Block A has a mass of 5kg and is placed on
the top of smooth triangular block B having a
mass of 25kg. If the system is released from
rest, determine the distance B moves, in
metre, when A reaches the bottom. Neglect
the size of block A.
h=10/3m
K
30°
30°
Answers
Given:
Block A has a mass of 5 kg and is placed on the top of smooth triangular block B having a mass of 25 kg.
To find:
If the system is released from rest, determine the distance B moves, in metre, when A reaches the bottom.
Solution:
Let mA and vA be the mass and velocity of block A and mB and vB be the mass and velocity of block B.

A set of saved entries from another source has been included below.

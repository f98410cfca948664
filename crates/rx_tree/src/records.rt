//! The records of a store as they come, change and go, and how many resources wait and are held.

ghost use Rattle.std.specs.Prelude.{◌≡◌, ◌+◌, ◌<◌, ◌≤◌, ◌^◌, IsTrue, ◌==◌, ◌&&◌, cond, IsOk, IfOk, IfSome, IfErr, OnOk};
ghost use Rattle.std.specs.Prelude.{OnErr, Some, false, option_map, IsSome};
ghost use Rattle.rx_event.specs.Events.{makes_node, parent_named, is_merging};
ghost use Rattle.rx_event.specs.Marks.{after_child, after_source, after_notifier, after_inner, after_projection, after_firing, after_decline};
ghost use Rattle.rx_slots.specs.declared.Key.{Key};
ghost use Rattle.rx_tree.specs.declared.node.Stowed.{Stowed};
ghost use Rattle.rx_slots.specs.Slots.{find, key_at, Changes, entry_of};
ghost use Rattle.rx_tree.specs.Tree.{Rewrites, with_last, with_due};
ghost use Rattle.rx_tree.specs.Owed.{owed_in};
ghost use Rattle.rx_tree.specs.Resources.{is_owned, is_held, is_lent, removed, one_lease_more, one_lease_less};
ghost use Rattle.rx_tree.specs.Places.{is_place};
ghost use Rattle.rx_tree.specs.Store.{alone, link_at, set_link_at, next_of, nodes_of, resources_of};
ghost use Rattle.rx_tree.specs.Store.{is_there, held_count_at, freed, shown, KeepsLinks, Relinks, Inserts, Takes_out};
ghost use Rattle.rx_tree.specs.Ties.{IsCounted, IsKept, IsRemarked, resource_ring};
ghost use Rattle.std.proofs.Math.Bool.{not};
ghost use Rattle.std.specs.Option.{option_map_or, option_and_then};
ghost use Rattle.rx_tree.specs.declared.links.Place.TheVariants.{Children, Held, Sibling, Noted, Waiting, Stored as At};

use crate::counts::Counts;
use crate::linked::Record;
use crate::links::{Link, Place};
use crate::node::{Node, Stowed};
use crate::store::{Store, Stored};
use rx_event::Terminal;
use rx_marks::Marks;
use rx_slots::Key;
use std::alloc::AllocError;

Applying the conservation of momentum, we get,
mA(vA)₀ + mB(vB)₀ = mAvA + mBvB
using the given data in above equation, we get,
5 × 0 + 25 × 0 = 5 (-vA) + 25vB
5vA = 25vB
∴ vA = 5vB ...........(1)
Now, using relative velocity relation, we get,
vB/A = vB - (-vA)
vB/A = vB + vA
using equation (1) in above equation, we get,
vB/A = vB + 5vB
∴ vB/A = 6vB
integrating this equation w.r.t time, we get,
sB/A = 6sB
sin 30° = 1/2 = 0.5
sB = sB/A/6
sB = 0.5/6 = 0.0833
Therefore, the distance B moves, in metre, when A reaches the bottom is 0.083 m.